Um trem formado por uma locomotiva a vapor e um vagão de passageiros de madeira pode ser utilizado pelos visitantes mediante programação. A locomotiva, da São Paulo Railway, é a de número 10, fabricada em 1867 pela Sharp Stewart Limited.

Figura 2 – Locomotiva Sharp Stewart Limited

A Vila de Paranapiacaba leva o visitante para um momento histórico muito importante do país, em que grande parte dos equipamentos, estruturas e organização do espaço era definida pelos ingleses para atender seus próprios interesses.

Engenharia ferroviária

Até meados do século XIX, a engenharia no Brasil estava limitada a construção de edifícios públicos, instalações portuárias, fortificações militares e algumas poucas indústrias. Todas obras de pouca complexidade para a engenharia, principalmente se considerarmos que os projetos e grande parte das estruturas utilizadas na construção poderiam ser importadas em sua totalidade.

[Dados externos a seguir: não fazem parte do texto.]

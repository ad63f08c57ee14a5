// The sum of annex D by a ring of 256 bytes: the fast one, with no table. `sum::sum` is the small one; both have one contract.
#![tactic(auto)]

ghost use Rattle.std.specs.Prelude.{◌≡◌, ℕ, ◌+◌, ◌-◌, ◌%◌, ◌≤◌, ◌<◌, List, length, take, drop};
ghost use Rattle.std.specs.Int.Bits.{bit_xor};
ghost use Rattle.linear.proofs.Linear.{xors};
ghost use Rattle.sum.specs.Sum.{Register, word, feed, after, sum_of};
ghost use Rattle.stretch.specs.Stretch.{after_rows};
ghost use Rattle.ring.specs.Ring.{owed, turned, Same, Turn, Run};

// A function of its own, since the range of its result stands in its type, and that of what an array holds does not.
fn mixed(a: u8, b: u8, c: u8, d: u8) -> u8
    ensures { result ≡ bit_xor (bit_xor a (bit_xor b c)) d }
{
    a ^ (b ^ c) ^ d
}

// The register with 128 stages for each of its own: G(x)^128 = G(x^128), so a byte that is fed back is added to those 64, 176 and
// 256 places on. The ring w has the last 256 that were, the first of them at k: this one takes its place.
fn one(w: &mut [u8; 256], k: usize, x: usize, y: usize, b: u8)
    requires { (k < 256) × (x ≡ (k + 80) % 256) × (y ≡ (k + 192) % 256) }
    ensures { (r : Register) → Same r (owed (turned w.old k)) → Same (feed r b) (owed (turned w.new (k + 1))) }
{
    w[k] = mixed(w[k], w[x], w[y], b);
}

// A run of n places, with no remainder of a place to be taken, so that a compiler makes vectors of it.
fn run(w: &mut [u8; 256], bytes: &[u8; 256], from: usize, n: usize, tap: usize, other: usize)
    requires { Run from n tap other }
    ensures { (u : List ℕ) → Turn u bytes.now w.old from → Turn u bytes.now w.new (from + n) }
{
    for k in 0..n {
        one(w, from + k, tap + k, other + k, bytes[from + k]);
    }
}

// 256 bytes, once round.
fn round(w: &mut [u8; 256], bytes: &[u8; 256])
    ensures { (r : Register) → Same r (owed w.old) → Same (after r bytes.now) (owed w.new) }
{
    run(w, bytes, 0, 64, 80, 192);
    run(w, bytes, 64, 112, 144, 0);
    run(w, bytes, 176, 80, 0, 112);
}

fn rounds(w: &mut [u8; 256], rows: &[[u8; 256]])
    ensures { (r : Register) → Same r (owed w.old) → Same (after_rows r rows.now) (owed w.new) }
{
    for row in rows {
        round(w, row);
    }
}

fn add(w: &mut [u8; 256], bytes: &[u8])
    requires { length bytes.now ≤ 256 }
    ensures { w.new ≡ xors w.old bytes.now }
{
    for (k, b) in bytes.iter().enumerate() {
        w[k] ^= *b;
    }
}

// The register's word after the last 256 bytes, with what is owed added to them.
fn closed(w: &[u8; 256], last: &[u8; 256]) -> u16
    ensures { (q : Register) → Same q (owed w.now) → result ≡ word (after q last.now) }
{
    let mut v = *w;
    add(&mut v, &w[80..]);
    add(&mut v, &w[192..]);
    add(&mut v, last);
    stretch::fed(0, &v)
}

// The register's word after rows of 256 bytes: at the start it is added to two bytes.
fn long(start: u16, rows: &[[u8; 256]], last: &[u8; 256]) -> u16
    ensures { (s : Register) → start ≡ word s → result ≡ word (after (after_rows s rows.now) last.now) }
{
    let mut w = [0u8; 256];
    w[..2].copy_from_slice(&start.to_be_bytes());
    rounds(&mut w, rows);
    closed(&w, last)
}

// The sum of the bytes lent, the odd ones first. Under two rounds the ring gains nothing. Parts are handed on here and in `sum`: the slice as it
// came would be copied at the entry of each call.
fn many(bytes: &[u8]) -> u16
    ensures { result ≡ sum_of bytes.now }
{
    let (odd, rows) = bytes.as_rchunks();
    match rows.split_last() {
        Some((last, rows)) if !rows.is_empty() => !long(stretch::fed(0xffff, odd), rows, last),
        _ => !stretch::fed(0xffff, &bytes[..bytes.len()]),
    }
}

// The sum of the bytes lent, of every length.
pub fn sum(bytes: &[u8]) -> u16
    ensures { result ≡ sum_of bytes.now }
{
    let len = bytes.len();
    if len < 48 {
        return !stretch::few(0xffff, &bytes[..len]);
    }
    many(&bytes[..len])
}

// The sum of the bytes from a up to e, as many of them as there are. `many` is called here too, so that it stays apart from `sum`, whose
// short way then needs no frame.
pub fn sum_between(bytes: &[u8], a: usize, e: usize) -> u16
    ensures { result ≡ sum_of (take (e - a) (drop a bytes.now)) }
{
    match bytes.get(a..e.min(bytes.len())) {
        None => 0,
        Some(part) if part.len() < 48 => sum(part),
        Some(part) => many(part),
    }
}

A construção das ferrovias, por outro lado, trouxe grandes desafios e contribuições para a engenharia brasileira. Primeiro, porque as obras ferroviárias envolviam grandes distâncias, em regiões muitas vezes inexploradas e desconhecidas. A falta de mapas e o pouco conhecimento sobre o território brasileiro dificultavam o trabalho dos construtores de ferrovias.

Segundo, e diferentemente das rodovias, as estradas de ferro precisam ser construídas com rampas mínimas, para que o sistema roda-trilho funcione adequadamente. Se a inclinação não for respeitada, a tração da locomotiva é prejudicada e a roda motriz patina no contato com o trilho. Esta condição fundamental passa a exigir um traçado mais plano, possível através da construção de muitas pontes e túneis e da movimentação de grande quantidade de terra para a formação de cortes e aterros. Por ter utilizado tecnologias construtivas precárias, considerando a realidade do presente, as obras ferroviárias do passado são muito valorizadas atualmente.

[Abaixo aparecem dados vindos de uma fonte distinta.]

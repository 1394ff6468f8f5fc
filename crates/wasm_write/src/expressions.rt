// Expressions (Binary Format, Instructions: Expressions), by a stack of open sequences in place of recursion.
ghost use Rattle.std.specs.Prelude.{◌≡◌, ◌+◌, ◌^◌, ◌<◌, [], ◌∷◌, ◌++◌, length, OnOk, All, IfSome, Some, slice_get, slice_index_or};
ghost use Rattle.std.specs.List.{AllByRecursion};
ghost use Rattle.wasm_ast.specs.Numbering.{IsNumbered, named_by};
ghost use Rattle.wasm_ast.specs.Shape.{ExprHasShape};
ghost use Rattle.wasm_write.specs.Instructions.{else_part, text_of, expr_bytes};
ghost use Rattle.wasm_write.specs.Writing.{tail_bytes, ending, IsGood, left};

use crate::instructions::put_front;
use std::alloc::{AllocError, Global};
use std::collections::VecDeque;
use wasm_ast::{Expr, Instr, List};

// A sequence that is being written.
#[derive(Clone, Copy, Debug, PartialEq, Eq)]
pub(crate) struct Open {
    // Its number.
    seq: usize,
    // How many of its instructions are written.
    at: usize,
    // The number of the sequence that follows it after an else, where there is one with instructions.
    other: Option<usize>,
}

// The sequence that follows after an else: the other of an if, where that has instructions.
fn after_else(seqs: &[List<Instr>], other: usize) -> Option<usize>
    requires numbered { IsNumbered seqs.now }
    requires there { other < length seqs.now }
    ensures follows { ending (text_of 0 seqs.now) result ≡ else_part (text_of 0 seqs.now other) ++ 0x0B ∷ [] }
    ensures there { IfSome result (λ j. j < length seqs.now) }
{
    if seqs[other].is_empty() {
        None
    } else {
        Some(other)
    }
}

// Opens a sequence inside those that are open.
fn open_sequence(
    seqs: &[List<Instr>],
    stack: &mut VecDeque<Open>,
    seq: usize,
    other: Option<usize>,
) -> Result<(), AllocError>
    requires numbered { IsNumbered seqs.now }
    requires there { seq < length seqs.now }
    requires other_there { IfSome other (λ j. j < length seqs.now) }
    requires good { All (IsGood seqs.now) stack.old.items }
    ensures left { OnOk result (left seqs.now stack.new.items ≡ text_of 0 seqs.now seq
        ++ ending (text_of 0 seqs.now) other ++ left seqs.now stack.old.items) }
    ensures good { OnOk result (All (IsGood seqs.now) stack.new.items) }
{
    stack.push_front(Open { seq, at: 0, other })?;
    Ok(())
}

// Opens the first sequence inside an instruction, if there is one.
fn open_inside(
    seqs: &[List<Instr>],
    stack: &mut VecDeque<Open>,
    instr: &Instr,
) -> Result<(), AllocError>
    requires numbered { IsNumbered seqs.now }
    requires there { AllByRecursion (λ j. j < length seqs.now) (named_by instr.now) }
    requires good { All (IsGood seqs.now) stack.old.items }
    ensures left { OnOk result (left seqs.now stack.new.items
        ≡ tail_bytes (text_of 0 seqs.now) instr.now ++ left seqs.now stack.old.items) }
    ensures good { OnOk result (All (IsGood seqs.now) stack.new.items) }
{
    match instr {
        Instr::Block { body, .. } => open_sequence(seqs, stack, *body as usize, None),
        Instr::Loop { body, .. } => open_sequence(seqs, stack, *body as usize, None),
        Instr::If { then, other, .. } => {
            let next = after_else(seqs, *other as usize);
            open_sequence(seqs, stack, *then as usize, next)
        }
        _ => Ok(()),
    }
}

// Puts the next instruction of a sequence at the end.
fn put_next(
    alloc: Global,
    out: &mut Vec<u8>,
    seqs: &[List<Instr>],
    stack: &mut VecDeque<Open>,
    top: Open,
    instr: &Instr,
) -> Result<(), AllocError>
    requires numbered { IsNumbered seqs.now }
    requires top { IsGood seqs.now top }
    requires more { top.at < length (slice_index_or seqs.now top.seq []) }
    requires next { slice_get (slice_index_or seqs.now top.seq []) top.at ≡ Some instr.now }
    requires fits { top.at + 1 < 2 ^ 64 }
    requires good { All (IsGood seqs.now) stack.old.items }
    ensures left { OnOk result (out.new.items ++ left seqs.now stack.new.items
        ≡ out.old.items ++ left seqs.now (top ∷ stack.old.items)) }
    ensures good { OnOk result (All (IsGood seqs.now) stack.new.items) }
    ensures further { OnOk result (length out.old.items < length out.new.items) }
{
    put_front(alloc, out, instr)?;
    stack.push_front(Open {
        seq: top.seq,
        at: top.at + 1,
        other: top.other,
    })?;
    open_inside(seqs, stack, instr)?;
    Ok(())
}

// Puts the end of a sequence at the end, or an else.
fn put_end(
    out: &mut Vec<u8>,
    seqs: &[List<Instr>],
    stack: &mut VecDeque<Open>,
    other: Option<usize>,
) -> Result<(), AllocError>
    requires numbered { IsNumbered seqs.now }
    requires there { IfSome other (λ j. j < length seqs.now) }
    requires good { All (IsGood seqs.now) stack.old.items }
    ensures left { OnOk result (out.new.items ++ left seqs.now stack.new.items
        ≡ out.old.items ++ (ending (text_of 0 seqs.now) other ++ left seqs.now stack.old.items)) }
    ensures good { OnOk result (All (IsGood seqs.now) stack.new.items) }
    ensures further { OnOk result (length out.old.items < length out.new.items) }
{
    match other {
        None => {
            out.push(0x0B)?;
            Ok(())
        }
        Some(other) => {
            out.push(0x05)?;
            open_sequence(seqs, stack, other, None)
        }
    }
}

// Puts an instruction or an end of the innermost open sequence at the end.
fn step(
    alloc: Global,
    out: &mut Vec<u8>,
    seqs: &[List<Instr>],
    stack: &mut VecDeque<Open>,
    top: Open,
) -> Result<(), AllocError>
    requires numbered { IsNumbered seqs.now }
    requires top { IsGood seqs.now top }
    requires good { All (IsGood seqs.now) stack.old.items }
    ensures left { OnOk result (out.new.items ++ left seqs.now stack.new.items
        ≡ out.old.items ++ left seqs.now (top ∷ stack.old.items)) }
    ensures good { OnOk result (All (IsGood seqs.now) stack.new.items) }
    ensures further { OnOk result (length out.old.items < length out.new.items) }
{
    let instrs = &seqs[top.seq];
    if top.at < instrs.len() {
        put_next(alloc, out, seqs, stack, top, instrs.get(top.at))
    } else {
        put_end(out, seqs, stack, top.other)
    }
}

// Puts an expression at the end.
pub(crate) fn put_expr(alloc: Global, out: &mut Vec<u8>, expr: &Expr) -> Result<(), AllocError>
    requires { ExprHasShape expr.now }
    ensures { OnOk result (out.new.items ≡ out.old.items ++ expr_bytes expr.now) }
{
    let seqs = expr.seqs.as_slice();
    let mut stack = VecDeque::new(alloc);
    open_sequence(seqs, &mut stack, 0, None)?;
    while let Some(top) = stack.pop_front() {
        step(alloc, out, seqs, &mut stack, top)?;
    }
    Ok(())
}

No Brasil, há diversas exemplos que mostram os grandes desafios da engenharia na construção das estradas de ferro. A ferrovia entre Curitiba e o porto de Paranaguá, construída no final do século XIX, possui dezenas de obras de arte ferroviária importantes (túneis, pontes e viadutos) que ajudam os trens, até os dias atuais, a vencer a Serra Paranaense.

Para superar a Serra do Mar, fazendo a ligação entre o planalto paulista e o porto de Santos, a Ferrovia Santos Jundiaí (São Paulo Railway) construiu, em meados do século XIX, uma sofisticada obra de engenharia que envolvia quatro planos inclinados, viadutos, túneis e muros de arrimo. O sistema funicular utilizado era considerado, à época, o mais importante do mundo pela sua extensão (aproximadamente 8.100 m) e diferença de nível (800 m) (Figura 1).

Figura 1 – Museu do Funicular, Paranapiacaba, Santo André, SP

Mais recentemente, o 1º Batalhão Ferroviário do Exército Brasileiro construiu um dos viadutos ferroviários mais importantes para a engenharia mundial. Localizado no município de Vespasiano Corrêa, Rio Grande do Sul, o Viaduto 13 faz parte da Ferrovia do Trigo e foi inaugurado em 19 de agosto de 1978 (Figura 2). Também conhecido como Viaduto do Exército, possui 143 metros de altura e 509 metros de comprimento. As dimensões exageradas dos pilares de concreto revelam os desafios no transporte e manuseio da grande quantidade de material empregado na construção.

Figura 2 – Viaduto 13, Vespasiano Corrêa, RS

As grandes obras de engenharia no país, iniciadas a partir de meados do século XIX com as ferrovias, foram realizadas por engenheiros estrangeiros reconhecidos internacionalmente. Estes engenheiros contribuíram para a formação da engenharia brasileira e a organização de diversas instituições de ensino no Brasil. Estas e outras histórias da engenharia brasileira podem ser verificadas com mais detalhes nos dois volumes do livro História da Engenharia no Brasil, do autor Pedro Carlos da Silva Telles, editados pelo Clube de Engenharia do Rio de Janeiro.

A história da engenharia também está presente no patrimônio ferroviário formado por farto material rodante e por centenas de estações ferroviárias espalhadas pelo país, muitas delas com estruturas e equipamentos importados.